Business, Ecommerce

Walmart to Roll out B2B Ecommerce in Two Indian Cities

In order to scale up its current model of wholesale business, Walmart, is launching its business operations in Hyderabad and Lucknow from next month, as reported by Times of India. Also, it has appointed Krish Iyer as the President and CEO for its India operations. 

Reliance Industries Limited is also planning to launch multi channel shopping in the coming year and the Future Group had launched its e-commerce business with Big Bazaar.

Earlier, Walmart had started its innovation lab in Bangalore and drove its 12th acquisition with Adchemy.  

 See Also: Walmart to go online in India with an eCommerce marketplace

FinancialExpress says: Walmart’s scale-up plans for the wholesale business comes at a time when India’s top 10 modern food retailers are reported to have accumulated losses of Rs 13,000 crore ($2.2 billion) during FY14, according to estimates by ratings firm Crisil. The losses are despite cumulative revenues estimated having surged sharply from Rs 3,000 crore ($500 million) in 2008 to Rs 23,500 crore ($4.05 billion) last year.

Significantly, for Walmart, food and groceries account for more than 50 per cent of revenues. Crisil had studied India’s top ten food retailers, including Walmart unit Best Price Modern Wholesale Stores, Metro Cash & Carry India (a unit of Germany’s Metro AG), Aditya Birla Retail, Bharti Retail Ltd, Reliance Fresh Ltd, and Trent Hypermarket Ltd.

On May 27, the new commerce and industry minister Nirmala Sitharaman had reaffirming the BJP’s stand on FDI in multi-brand retail and said that foreign players will not be allowed to open retail stores in the country.

Hindustan Times says: Walmart India at present operates 20 wholesale cash-and-carry stores under the “Best Price Modern Wholesale” brand. The company recently said it plans to open 50 more such stores over the next five years.

More from Times of IndiaIn an interview with TOI, Krish Iyer  talks about the roadmap ahead. Excerpts: 

What kind of value do you see in India’s cash-and-carry business? 

A year in Bentonville has taught me a lot about setting up the business here. We already have a good business model in place. We have a capable team. The wholesale market in India is pegged at a healthy $300 billion and the top five players including us have a combined market share of just around $2.5 billion. So, the opportunities to grow are huge. We now have 20 Best Price stores in nine states and we plan to add 50 more by 2020. We are building the pipeline in terms of location and getting the approvals in place. 

What is your India strategy? 

In terms of our strategy, we are broadly looking to answer three questions: What are you allowed to do? What is the size of the price? And what are you good at? We are focusing on all three at the moment. Around 70% of sales are to kirana stores and we are also helping people open new stores, which are modern. Starting from the layout and fixtures of the stores to educating them on inventory management, it’s a step that will pay us dividends in the long run. The remaining 30% is to restaurants, hotels, offices and others such as the Army. 

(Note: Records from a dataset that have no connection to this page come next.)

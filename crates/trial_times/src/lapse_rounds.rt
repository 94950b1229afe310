//! Times exemptions that lapse.
//!
//! Each demanded package has an exemption, and no two of these have the same last day. A round adds an entry of one
//! package, and then sets the register's day to the day after the last day of that package's exemption, which lapses.
//! The next round does the same with the next package.

use crate::clock::{done, timed_once};
use crate::commands::{add_exemption, add_undemanded, load_project, set_day_after};
use std::alloc::Global;
use std::time::Clock;
use trial_values::fault::Fault;
use vet_base::limits::MOST_MOVES;
use vet_graph::keeper::Keeper;
use vet_register::register::Register;

/// How many exemptions and rounds are timed.
#[derive(Clone, Copy)]
pub struct Lapses {
    /// How many exemptions there are.
    pub count: usize,
    /// How many rounds there are, each of which makes one exemption lapse: at most `count`.
    pub rounds: usize,
}

/// Makes a register with the exemptions, and times the rounds. Fails if there are more rounds than exemptions.
pub fn run_lapses<K: Keeper>(
    rt: &(impl Clock + AllocGlobal + Print),
    lapses: Lapses,
) -> Result<(), Fault> {
    if lapses.count < lapses.rounds {
        return Err(Fault::NotUnderstood);
    }
    let mut register = register_of::<K>(rt.alloc(), lapses.count)?;
    for place in 0..lapses.rounds {
        run_round(rt, &mut register, place)?;
    }
    Ok(())
}

// A register with `count` packages, each with one demanded pair and one exemption.
fn register_of<K: Keeper>(alloc: Global, count: usize) -> Result<Register<K>, Fault> {
    let mut register = Register::new(alloc, MOST_MOVES)?;
    add_exemptions(alloc, &mut register, count)?;
    Ok(register)
}

fn add_exemptions<K: Keeper>(
    alloc: Global,
    register: &mut Register<K>,
    count: usize,
) -> Result<(), Fault> {
    done(alloc, register, load_project(alloc, count))?;
    for place in 0..count {
        done(alloc, register, add_exemption(alloc, place))?;
    }
    Ok(())
}

fn run_round<K: Keeper>(
    rt: &(impl Clock + AllocGlobal + Print),
    register: &mut Register<K>,
    place: usize,
) -> Result<(), Fault> {
    let added = add_undemanded(rt.alloc(), place);
    timed_once(rt, register, "add-entry", added)?;
    timed_once(rt, register, "set-day", set_day_after(place))
}
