//! The time of a command.

use std::alloc::Global;
use std::time::{Clock, Instant};
use trial_values::fault::Fault;
use vet_graph::keeper::Keeper;
use vet_register::command::{Command, Outcome};
use vet_register::register::Register;

/// Runs a command, unless it could not be made, and prints how long that took and its outcome.
pub fn timed_once<K: Keeper>(
    rt: &(impl Clock + AllocGlobal + Print),
    register: &mut Register<K>,
    what: &str,
    made: Result<Command, Fault>,
) -> Result<(), Fault> {
    timed(rt, register, what, &made?)
}

/// Runs a command, unless it could not be made.
pub fn done<K: Keeper>(
    alloc: Global,
    register: &mut Register<K>,
    made: Result<Command, Fault>,
) -> Result<(), Fault> {
    register.run(alloc, &made?)?;
    Ok(())
}

/// Runs a command, and prints how long that took and its outcome.
pub fn timed<K: Keeper>(
    rt: &(impl Clock + AllocGlobal + Print),
    register: &mut Register<K>,
    what: &str,
    command: &Command,
) -> Result<(), Fault> {
    let begun = Instant::now(rt)?;
    let outcome = register.run(rt.alloc(), command)?;
    let nanos = begun.elapsed(rt)?.as_nanos();
    match outcome {
        Outcome::Done { moves, .. } => println!(rt; "{what} {nanos} done {moves}")?,
        Outcome::Already(_) => println!(rt; "{what} {nanos} already")?,
    }
    Ok(())
}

Are you planning to buy out any of your competitors’ stores? 

We are focusing on organic growth. Acquisitions in a market like India cannot be very strategic since there are a lot of factors involved, including location and size, among others. However, we would not rule out any opportunities. 

Have you firmed up your e-commerce plans? 

We will be launching our B2B e-commerce operations in Hyderabad and Lucknow Best Price Stores from next month as pilot projects. And we have plans to ramp it up in the subsequent months. We are hoping that this move will help retailers optimize their inventory management. They will not have to stock up and can place orders with us on a daily basis. Of course, in the beginning, we will have to educate and handhold them. 

The government may allow FDI in B2C e-commerce. Do you plan to be in that space? And what about multi-brand retail? 

It’s a different ball game and we will explore it when the opportunity arises. On multi-brand retail, we will monitor the space and continue to engage with the stakeholders. We are focused on doing things the right way. 

Most players in modern trade are bleeding because they have not been able to crack India’s food business, which accounts for nearly 70% of the overall retail business. What are you doing about it? 

More than half of our business comes from food, whether it is packaged or raw. Essentially, the business model has to be right since the margins are very thin in the food business. International expertise does help though. At present, we are trying to manage cost efficiency and work on variables such as customer service.